## What is required
From the data that follows, print exactly the lines starting at the one containing "as worked out by hand." and ending at the one containing "slip on too. A"; include both of them and nothing more.

Material supplied Start Marker

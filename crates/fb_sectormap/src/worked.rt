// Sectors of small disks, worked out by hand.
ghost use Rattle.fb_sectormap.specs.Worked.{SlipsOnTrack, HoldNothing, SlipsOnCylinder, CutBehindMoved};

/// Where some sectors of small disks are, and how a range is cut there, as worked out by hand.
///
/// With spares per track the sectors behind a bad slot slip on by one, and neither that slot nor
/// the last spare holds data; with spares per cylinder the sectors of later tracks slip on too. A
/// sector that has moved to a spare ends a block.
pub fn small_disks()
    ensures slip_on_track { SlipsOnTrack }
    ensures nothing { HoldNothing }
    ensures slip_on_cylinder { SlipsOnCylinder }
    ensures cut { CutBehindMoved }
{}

Material supplied End Marker
Material supplied Start Marker

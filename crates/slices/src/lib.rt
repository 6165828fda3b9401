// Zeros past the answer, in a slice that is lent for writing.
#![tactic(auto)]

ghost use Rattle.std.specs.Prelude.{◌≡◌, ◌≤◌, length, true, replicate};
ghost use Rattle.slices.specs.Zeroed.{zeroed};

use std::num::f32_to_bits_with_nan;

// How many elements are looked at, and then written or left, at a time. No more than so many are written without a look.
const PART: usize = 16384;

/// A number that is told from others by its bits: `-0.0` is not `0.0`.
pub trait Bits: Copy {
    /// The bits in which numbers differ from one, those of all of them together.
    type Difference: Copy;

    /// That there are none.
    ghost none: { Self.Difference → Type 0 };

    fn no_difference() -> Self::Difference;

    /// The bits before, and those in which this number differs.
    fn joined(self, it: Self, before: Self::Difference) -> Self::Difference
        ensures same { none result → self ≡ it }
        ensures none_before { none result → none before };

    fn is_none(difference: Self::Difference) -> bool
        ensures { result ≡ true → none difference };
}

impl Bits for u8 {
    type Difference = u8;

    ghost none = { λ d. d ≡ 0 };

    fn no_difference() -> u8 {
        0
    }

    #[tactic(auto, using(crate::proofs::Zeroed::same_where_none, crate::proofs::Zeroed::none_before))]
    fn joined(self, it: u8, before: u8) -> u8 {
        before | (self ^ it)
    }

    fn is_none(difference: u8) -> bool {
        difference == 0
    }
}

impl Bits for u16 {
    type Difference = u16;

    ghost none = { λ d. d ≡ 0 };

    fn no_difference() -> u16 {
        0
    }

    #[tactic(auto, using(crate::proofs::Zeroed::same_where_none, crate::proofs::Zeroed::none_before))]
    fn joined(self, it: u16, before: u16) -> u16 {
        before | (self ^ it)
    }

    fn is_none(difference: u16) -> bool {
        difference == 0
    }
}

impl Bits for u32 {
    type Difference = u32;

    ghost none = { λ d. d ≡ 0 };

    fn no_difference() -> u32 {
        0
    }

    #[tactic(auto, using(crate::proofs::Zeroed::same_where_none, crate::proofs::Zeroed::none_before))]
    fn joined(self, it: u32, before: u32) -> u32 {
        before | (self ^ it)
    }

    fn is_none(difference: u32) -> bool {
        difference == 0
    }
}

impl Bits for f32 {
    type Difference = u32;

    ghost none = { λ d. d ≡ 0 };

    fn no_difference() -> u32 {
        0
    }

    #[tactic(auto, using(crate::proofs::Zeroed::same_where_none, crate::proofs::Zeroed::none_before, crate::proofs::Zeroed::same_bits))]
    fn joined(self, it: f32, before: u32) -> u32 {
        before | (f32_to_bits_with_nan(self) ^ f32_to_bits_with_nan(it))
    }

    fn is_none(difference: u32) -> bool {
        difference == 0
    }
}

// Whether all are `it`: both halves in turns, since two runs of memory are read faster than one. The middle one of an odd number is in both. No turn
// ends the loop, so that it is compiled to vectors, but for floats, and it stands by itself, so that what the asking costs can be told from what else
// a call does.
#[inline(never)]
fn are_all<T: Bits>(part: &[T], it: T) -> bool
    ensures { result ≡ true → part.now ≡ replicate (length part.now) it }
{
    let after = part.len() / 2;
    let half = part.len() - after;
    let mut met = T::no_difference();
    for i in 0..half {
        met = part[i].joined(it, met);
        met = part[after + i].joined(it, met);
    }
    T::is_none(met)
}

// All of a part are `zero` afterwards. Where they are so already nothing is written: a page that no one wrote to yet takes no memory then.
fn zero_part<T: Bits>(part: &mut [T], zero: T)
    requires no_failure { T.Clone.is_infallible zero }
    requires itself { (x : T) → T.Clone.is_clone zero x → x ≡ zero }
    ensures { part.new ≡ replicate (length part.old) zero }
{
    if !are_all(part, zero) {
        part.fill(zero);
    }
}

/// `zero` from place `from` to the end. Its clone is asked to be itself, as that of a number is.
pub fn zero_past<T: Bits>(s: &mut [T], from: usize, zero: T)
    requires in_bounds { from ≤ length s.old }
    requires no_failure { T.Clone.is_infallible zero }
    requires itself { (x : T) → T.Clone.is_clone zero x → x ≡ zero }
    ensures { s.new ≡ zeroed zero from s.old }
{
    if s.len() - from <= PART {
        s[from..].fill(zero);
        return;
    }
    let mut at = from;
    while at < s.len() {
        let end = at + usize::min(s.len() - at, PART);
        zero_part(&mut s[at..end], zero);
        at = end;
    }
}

Material supplied End Marker
Material supplied Start Marker

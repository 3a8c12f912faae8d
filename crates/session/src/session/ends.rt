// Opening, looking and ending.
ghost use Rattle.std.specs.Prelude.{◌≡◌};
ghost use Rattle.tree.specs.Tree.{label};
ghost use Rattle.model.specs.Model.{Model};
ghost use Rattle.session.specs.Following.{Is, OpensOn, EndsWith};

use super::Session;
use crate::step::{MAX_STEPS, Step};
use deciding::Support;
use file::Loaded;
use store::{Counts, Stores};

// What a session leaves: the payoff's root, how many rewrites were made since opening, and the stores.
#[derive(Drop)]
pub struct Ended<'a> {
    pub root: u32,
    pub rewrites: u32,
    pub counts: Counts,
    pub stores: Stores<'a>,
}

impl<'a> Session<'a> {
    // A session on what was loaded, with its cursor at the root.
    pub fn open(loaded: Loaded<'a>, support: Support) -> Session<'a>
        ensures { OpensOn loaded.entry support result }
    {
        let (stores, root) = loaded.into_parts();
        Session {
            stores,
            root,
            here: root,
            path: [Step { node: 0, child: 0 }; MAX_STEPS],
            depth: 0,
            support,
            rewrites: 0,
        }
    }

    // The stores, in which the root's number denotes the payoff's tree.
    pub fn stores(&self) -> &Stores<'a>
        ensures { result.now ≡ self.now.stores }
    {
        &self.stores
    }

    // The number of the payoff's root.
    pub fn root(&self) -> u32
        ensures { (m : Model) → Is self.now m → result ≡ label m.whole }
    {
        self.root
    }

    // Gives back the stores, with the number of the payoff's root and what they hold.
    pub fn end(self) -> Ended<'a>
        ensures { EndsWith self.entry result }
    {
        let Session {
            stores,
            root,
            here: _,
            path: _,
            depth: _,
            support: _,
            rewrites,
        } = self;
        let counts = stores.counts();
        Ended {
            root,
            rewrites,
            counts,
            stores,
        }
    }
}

Material supplied End Marker

## Written answer
/// Where some sectors of small disks are, and how a range is cut there, as worked out by hand.
///
/// With spares per track the sectors behind a bad slot slip on by one, and neither that slot nor
/// the last spare holds data; with spares per cylinder the sectors of later tracks slip on too. A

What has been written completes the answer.